So what do you do when the PABX is attacked from within LAN


#1

Hi

First-time experience with this scenario on an active site.
25 users mix of desktops and laptops.
UCM 6102 totally locked down from Wan
Sonicwall managed by IT company controlling all rules
No Vlans voice and data on one network and one set of cabling pc plug into the back of the phone.

cant create a rule on the LAN to restrict t traffic to the PABX cause the phones need to reach the PABX.
Sure we could do a reserved range for the phones then allow only that range local to the PABX.

The only time this login attempts stopped is when they closed and went home for the day. Suspect a user pc is infected and creating a path back in.

Think this is interesting as lots of companies want one simple network. Just thought I with share it since its the first time This has happened and we have hundreds of posts on remote extensions and locking down the wan connections securing the PABX on the Wan…

I used to insist on managed switches and VLANs until I followed the advice on a Spiceworks discussion why create complexity on a small network VLANs do nothing. Today it seems I may be paying the price of following that post discussion.

Hopefully, we fix it in the morning as each who logs on, we will monitor traffic and see what happens.

like to hear how forum members have dealt with this has it only a matter of time before you encounter this if you already have not.


#2

between the fail to ban security settings and the http server whitelist, I am not sure what else you need to keep people out and banned from the ucm. if a user has a virus, that needs to be fixed. you should be able to capture the login attempts and track it back to the user, wireshark is your best friend


#3

thanks
wireshark showing session id owner address 192.168.1.81
only one subnet on lan which is 192.168.0.0/24

someone pc is definitely infected but its proving hard to find it ,


#4

it should also show the mac which will help id the model of the device. filter all of its traffic in wireshark, ip.addr == 192.168.1.81, paw thru the packets to id the culprit. can you access the switches arp table to id what port the mac address is on? if you cant access the switches arp table, i would open up a steady ping to the ip and start unplugging things until i cant ping it, if nothings labeled, then just wait until someone complains about it


#5

1 Use VLAN for phones
2 USe separate network (ip) for teleco + admin unit access to this network.

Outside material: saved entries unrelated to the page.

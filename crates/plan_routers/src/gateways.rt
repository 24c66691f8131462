//! The gateway that a body asks for, and the one that a router has.

ghost use Rattle.std.specs.Prelude.{◌≡◌, option_copied};
ghost use Rattle.plan_routers.specs.RouterCalls as router_calls;
ghost use Rattle.std.specs.Prelude.{option_and_then};
ghost use Rattle.api_types.specs.declared.router.Gateway.{Gateway as TheGateway};
ghost use Rattle.api_policy.specs.Reserved as reserved;

use api_policy::network_seen;
use api_types::{Caller, Gateway, GatewayAsked, Given, Id, NetworkRow, RouterForm, Rows};

/// The network of the gateway that is asked for.
pub(crate) fn gateway_name(form: &RouterForm) -> Option<Id>
    ensures { result ≡ router_calls.gateway_name form.now }
{
    match &form.external_gateway_info {
        Given::Is(asked) => Some(asked.network),
        _ => None,
    }
}

/// That network, where the caller sees it. Its cost grows with the policies.
pub(crate) fn gateway_network<'r>(
    rows: &'r Rows,
    caller: &Caller,
    form: &RouterForm,
) -> Option<&'r NetworkRow>
    ensures { option_copied result ≡ router_calls.gateway_network rows.now caller.now form.now }
{
    network_seen(rows, caller, gateway_name(form))
}

/// Whether sources are to be translated, where the body says so.
pub(crate) fn snat_asked(form: &RouterForm) -> Option<bool>
    ensures { result ≡ reserved.snat_asked form.now }
{
    match &form.external_gateway_info {
        Given::Is(asked) => asked.snat,
        _ => None,
    }
}

fn gateway_on(gateway: &Gateway, asked: &GatewayAsked) -> Option<Gateway>
    ensures { result ≡ router_calls.gateway_on gateway.now asked.now }
{
    if gateway.network != asked.network {
        return None;
    }
    Some(Gateway {
        network: gateway.network,
        port: gateway.port,
        snat: asked.snat.unwrap_or(gateway.snat),
    })
}

fn gateway_if_on(old: &Option<Gateway>, asked: &GatewayAsked) -> Option<Gateway>
    ensures { result
        ≡ option_and_then (λ (g : TheGateway). router_calls.gateway_on g asked.now) old.now }
{
    match old {
        Some(gateway) => gateway_on(gateway, asked),
        None => None,
    }
}

/// The gateway that stays: the old one, where none is asked for or one on the same network.
pub(crate) fn kept_gateway(old: &Option<Gateway>, asked: &Given<GatewayAsked>) -> Option<Gateway>
    ensures { result ≡ router_calls.kept_gateway old.now asked.now }
{
    match asked {
        Given::Absent => *old,
        Given::Null => None,
        Given::Is(asked) => gateway_if_on(old, asked),
    }
}

/// The gateway that goes, where none stays.
pub(crate) fn lost_gateway(old: &Option<Gateway>, kept: &Option<Gateway>) -> Option<Gateway>
    ensures { result ≡ router_calls.lost_gateway old.now kept.now }
{
    match kept {
        None => *old,
        Some(_) => None,
    }
}

/// The network of a new gateway, where none stays and one is asked for. Its cost grows with the
/// policies.
pub(crate) fn new_gateway<'r>(
    rows: &'r Rows,
    caller: &Caller,
    form: &RouterForm,
    kept: &Option<Gateway>,
) -> Option<&'r NetworkRow>
    ensures { option_copied result
        ≡ router_calls.new_gateway
        (router_calls.gateway_network rows.now caller.now form.now) kept.now }
{
    match kept {
        None => gateway_network(rows, caller, form),
        Some(_) => None,
    }
}

/// Whether the sources of the old gateway are translated; those of a router without one are to be.
pub(crate) fn old_snat(old: &Option<Gateway>) -> bool
    ensures { result ≡ router_calls.old_snat old.now }
{
    match old {
        Some(gateway) => gateway.snat,
        None => true,
    }
}
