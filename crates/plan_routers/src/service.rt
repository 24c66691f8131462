//! The ports of routers.

ghost use Rattle.std.specs.Prelude.{◌≡◌, ◌∷◌, [], IfOk, codes};
ghost use Rattle.api_ml2.specs.Placement.{host_or_none};
ghost use Rattle.api_ml2.specs.ServicePorts as service_ports;
ghost use Rattle.api_types.specs.Ident.{ident_text};
ghost use Rattle.plan_routers.specs.InterfaceCalls as interface_calls;
ghost use Rattle.plan_routers.specs.RouterCalls as router_calls;

use api_ml2::bind;
use api_policy::is_marked;
use api_types::{Fixed, FixedList, Id, NetworkRow, PortRow, RouterRow, Rows};
use call_parts::{Asking, one_fixed};
use net_addr::{Copies, Mac, OutOfMemory, Seq, Text};
use net_settings::Settings;
use std::alloc::Global;

// The id of a new port of a router, its MAC address and its addresses.
#[derive(Drop)]
struct NewPort {
    id: Id,
    mac: Mac,
    fixed: FixedList,
}

/// The id of a new interface, its MAC address and its one address.
#[derive(Drop)]
pub(crate) struct Leg {
    pub id: Id,
    pub mac: Mac,
    pub fixed: Fixed,
}

// The name of the host on which the router stands, or the empty text.
fn host_of(alloc: Global, router: &RouterRow) -> Result<Text, OutOfMemory>
    ensures { IfOk result (λ host. host ≡ host_or_none router.now.host) }
{
    match &router.host {
        Some(host) => host.copy(alloc),
        None => Ok(Text::new(alloc)),
    }
}

// A port of the router, of this project.
fn router_port(
    alloc: Global,
    settings: &Settings,
    router: &RouterRow,
    network: &NetworkRow,
    project: &Text,
    owner: &str,
    new: NewPort,
) -> Result<PortRow, OutOfMemory>
    ensures { IfOk result
        (λ p. p
        ≡ service_ports.service_port settings.now network.now new.id project.now new.mac new.fixed
        owner.now (ident_text router.now.id) (host_or_none router.now.host)) }
{
    let NewPort { id, mac, fixed } = new;
    let host = host_of(alloc, router)?;
    Ok(PortRow {
        id,
        project: project.copy(alloc)?,
        network: network.id,
        name: Text::new(alloc),
        description: Text::new(alloc),
        up: true,
        mac,
        fixed,
        pairs: Seq::new(alloc),
        secured: false,
        groups: Seq::new(alloc),
        device: router.id.print(alloc)?,
        owner: Text::of(alloc, owner)?,
        vif: bind(settings, &network.segment, &host),
        host,
        by_admin: false,
    })
}

/// The router's port on its external network, which has no project. Its cost grows with the hosts.
pub(crate) fn gateway_port(
    alloc: Global,
    asking: &Asking<'_>,
    router: &RouterRow,
    network: &NetworkRow,
    id: Id,
    mac: Mac,
    fixed: FixedList,
) -> Result<PortRow, OutOfMemory>
    ensures { IfOk result
        (λ p. p
        ≡ router_calls.gateway_port asking.now.settings router.now network.now id mac fixed) }
{
    let nobody = Text::new(alloc);
    let new = NewPort { id, mac, fixed };
    router_port(
        alloc,
        asking.settings(),
        router,
        network,
        &nobody,
        "network:router_gateway",
        new,
    )
}

/// A new interface of the router. Its cost grows with the hosts and the policies.
pub(crate) fn interface_port(
    alloc: Global,
    asking: &Asking<'_>,
    rows: &Rows,
    router: &RouterRow,
    network: &NetworkRow,
    leg: &Leg,
) -> Result<PortRow, OutOfMemory>
    ensures { IfOk result
        (λ p. p
        ≡ interface_calls.interface_port asking.now.settings rows.now asking.now.caller router.now
        network.now leg.now.id leg.now.mac leg.now.fixed) }
{
    let new = NewPort {
        id: leg.id,
        mac: leg.mac,
        fixed: one_fixed(alloc, &leg.fixed)?,
    };
    let mut port = router_port(
        alloc,
        asking.settings(),
        router,
        network,
        &router.project,
        "network:router_interface",
        new,
    )?;
    port.by_admin = is_marked(rows, asking.caller(), &router.project, network);
    Ok(port)
}

/// The port as the router's interface. Its cost grows with the hosts.
pub(crate) fn taken_port(
    alloc: Global,
    asking: &Asking<'_>,
    router: &RouterRow,
    network: &NetworkRow,
    port: &PortRow,
) -> Result<PortRow, OutOfMemory>
    ensures { IfOk result
        (λ p. p
        ≡ interface_calls.taken_over asking.now.settings router.now network.now port.now) }
{
    let host = host_of(alloc, router)?;
    Ok(PortRow {
        id: port.id,
        project: port.project.copy(alloc)?,
        network: port.network,
        name: port.name.copy(alloc)?,
        description: port.description.copy(alloc)?,
        up: port.up,
        mac: port.mac,
        fixed: port.fixed.copy(alloc)?,
        pairs: Seq::new(alloc),
        secured: false,
        groups: Seq::new(alloc),
        device: router.id.print(alloc)?,
        owner: Text::of(alloc, "network:router_interface")?,
        vif: bind(asking.settings(), &network.segment, &host),
        host,
        by_admin: port.by_admin,
    })
}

In short separate it and block traffic on switch/router.


#6

Just an update

Unplugged the UCM from the network so its UCM<=======Flylead=======> into my linux machine ( which is 100% clean

Alert logs still showing login attempts for external IP how is that even possible ??? time time was current with just the fly lead to my machine and I could see it has if its was live if when I refreshed I noticed it was the same set of the 5 external foreign Ips that kept on repeating. had to be something stuck in memory.

Anyway IT company resolved the issue with lan network , I factory reset UCM and all seems well know.